WORK INSTRUCTION
The lines below that include the word "IfOk" are to be reported.

**********

//! Last lines of the program, and how it ends with them.

ghost use Rattle.std.specs.Prelude.{◌≡◌, ◌≢◌, ◌⊎◌, IfOk, string_bytes, codes};
ghost use Rattle.std.specs.IoError.{error_kind};
ghost use Rattle.toml.specs.View.{table_view};
ghost use Rattle.settings_file.specs.Faults.{no_memory};
ghost use Rattle.settings_file.specs.ServeSentences as server;
ghost use Rattle.settings_file.specs.declared.serve.fault.ServeFault.TheVariants as kind;
ghost use Rattle.program.specs.Explaining.{IsTold, IsToldOf, AreFaultsExplained, usage_text};
ghost use Rattle.program.specs.Program.{told, told_server, version_line, EndsWith};

use crate::explaining::{
    USAGE, explain_faults, explain_no_document, explain_server, explain_words,
};
use crate::program::Status;
use crate::settings_files::ParsedFile;
use script::Sink;
use settings_file::SettingsFault;
use settings_file::serve::ServeFault;
use std::alloc::{AllocError, Global};
use std::io::{Error, ErrorKind};
use toml::Table;

/// The program's name and version, as `stp --version` prints them.
const VERSION_LINE: &[u8] = b"stp 0.1.0\n";

/// Refuses arguments that couldn't be read: they aren't the program's, unless memory ran out.
pub fn refuse_words<W: Sink, E: Sink>(error: &Error, writer: &mut W, errors: &mut E) -> Status
    ensures memory { error_kind error.now ≡ ErrorKind.OutOfMemory
        → EndsWith Status.Start (told no_memory) (W.output writer.old) (W.output writer.new) result
        × (E.output errors.new ≡ E.output errors.old) }
    ensures usage { error_kind error.now ≢ ErrorKind.OutOfMemory
        → EndsWith Status.Refused (codes "usage\n") (W.output writer.old) (W.output writer.new) result
        × IsTold usage_text (E.output errors.old) (E.output errors.new) }
{
    if error.kind() == ErrorKind::OutOfMemory {
        return tell_no_memory(writer);
    }
    tell_usage(writer, errors)
}

/// Prints that the arguments aren't the program's, and explains what these are.
pub(crate) fn tell_usage<W: Sink, E: Sink>(writer: &mut W, errors: &mut E) -> Status
    ensures printed { EndsWith Status.Refused (codes "usage\n") (W.output writer.old) (W.output writer.new) result }
    ensures told { IsTold usage_text (E.output errors.old) (E.output errors.new) }
{
    explain_words(errors);
    end_with(Status::Refused, b"usage\n", writer)
}

/// Prints the program's commands, and what they mean.
pub(crate) fn tell_help<W: Sink>(writer: &mut W) -> Status
    ensures { EndsWith Status.Done usage_text (W.output writer.old) (W.output writer.new) result }
{
    end_with(Status::Done, USAGE, writer)
}

/// Prints the version of the program.
pub(crate) fn tell_version<W: Sink>(writer: &mut W) -> Status
    ensures { EndsWith Status.Done version_line (W.output writer.old) (W.output writer.new) result }
{
    end_with(Status::Done, VERSION_LINE, writer)
}

/// Prints these lines, and ends with this status; or with that of a failed write.
pub(crate) fn end_with<W: Sink>(status: Status, lines: &[u8], writer: &mut W) -> Status
    ensures { EndsWith status lines.now (W.output writer.old) (W.output writer.new) result }
{
    match writer.write(lines) {
        Ok(()) => status,
        Err(_) => Status::Stream,
    }
}

/// Prints that memory ran out.
pub(crate) fn tell_no_memory<W: Sink>(writer: &mut W) -> Status
    ensures { EndsWith Status.Start (told no_memory) (W.output writer.old) (W.output writer.new) result }
{
    end_with(Status::Start, b"fault NoMemory\n", writer)
}

/// Prints that a file isn't a document, and explains that with this sentence.
pub(crate) fn tell_no_document<W: Sink, E: Sink>(
    sentence: &str,
    writer: &mut W,
    errors: &mut E,
) -> Status
    ensures printed { EndsWith Status.Start (told SettingsFault.Text)
        (W.output writer.old) (W.output writer.new) result }
    ensures told { IsTold sentence.now (E.output errors.old) (E.output errors.new) }
{
    explain_no_document(sentence, errors);
    end_with(Status::Start, b"fault 1\n", writer)
}

/// Prints the first fault of the settings in a file, and explains all of them; or prints that memory ran out.
pub(crate) fn tell_file_fault<W: Sink, E: Sink>(
    alloc: Global,
    file: &str,
    parsed: &ParsedFile,
    fault: SettingsFault,
    writer: &mut W,
    errors: &mut E,
) -> Status
    ensures { (EndsWith Status.Start (told fault) (W.output writer.old) (W.output writer.new) result
        × IsToldOf (AreFaultsExplained file.now parsed.now.octets.items (table_view parsed.now.document)
        (kind.Settings fault)) (E.output errors.old) (E.output errors.new))
        ⊎ (EndsWith Status.Start (told no_memory) (W.output writer.old) (W.output writer.new) result
        × (E.output errors.new ≡ E.output errors.old)) }
{
    match told(alloc, fault) {
        Ok(line) => {
            explain_faults(alloc, file, parsed, ServeFault::Settings(fault), errors);
            end_with(Status::Start, line.as_bytes(), writer)
        }
        Err(_) => tell_no_memory(writer),
    }
}

/// The line of a fault of settings.
fn told(alloc: Global, fault: SettingsFault) -> Result<String, AllocError>
    ensures { IfOk result (λ line. string_bytes line ≡ told fault) }
{
    format!(in alloc; "{fault}\n")
}

/// Prints the first fault of the settings of a server in a file, and explains all of them; or prints that memory ran
/// out.
pub(crate) fn tell_server_fault<W: Sink, E: Sink>(
    alloc: Global,
    file: &str,
    parsed: &ParsedFile,
    fault: ServeFault,
    writer: &mut W,
    errors: &mut E,
) -> Status
    ensures { (EndsWith Status.Start (told_server fault) (W.output writer.old) (W.output writer.new) result
        × IsToldOf (AreFaultsExplained file.now parsed.now.octets.items (table_view parsed.now.document) fault)
        (E.output errors.old) (E.output errors.new))
        ⊎ (EndsWith Status.Start (told no_memory) (W.output writer.old) (W.output writer.new) result
        × (E.output errors.new ≡ E.output errors.old)) }
{
    match told_server(alloc, fault) {
        Ok(line) => {
            explain_faults(alloc, file, parsed, fault, errors);
            end_with(Status::Start, line.as_bytes(), writer)
        }
        Err(_) => tell_no_memory(writer),
    }
}

/// Prints why the document of a file names no console, and explains it; or prints that memory ran out.
pub(crate) fn tell_console_fault<W: Sink, E: Sink>(
    alloc: Global,
    file: &str,
    document: &Table,
    fault: ServeFault,
    writer: &mut W,
    errors: &mut E,
) -> Status
    ensures { (EndsWith Status.Start (told_server fault) (W.output writer.old) (W.output writer.new) result
        × IsToldOf (server.Explains file.now fault) (E.output errors.old) (E.output errors.new))
        ⊎ (EndsWith Status.Start (told no_memory) (W.output writer.old) (W.output writer.new) result
        × (E.output errors.new ≡ E.output errors.old)) }
{
    match told_server(alloc, fault) {
        Ok(line) => {
            explain_server(alloc, file, document, fault, errors);
            end_with(Status::Start, line.as_bytes(), writer)
        }
        Err(_) => tell_no_memory(writer),
    }
}

/// The line of a fault of a server's settings.
fn told_server(alloc: Global, fault: ServeFault) -> Result<String, AllocError>
    ensures { IfOk result (λ line. string_bytes line ≡ told_server fault) }
{
    format!(in alloc; "{fault}\n")
}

**********

ANSWER FOR THIS EXERCISE
ghost use Rattle.std.specs.Prelude.{◌≡◌, ◌≢◌, ◌⊎◌, IfOk, string_bytes, codes};
    ensures { IfOk result (λ line. string_bytes line ≡ told fault) }
    ensures { IfOk result (λ line. string_bytes line ≡ told_server fault) }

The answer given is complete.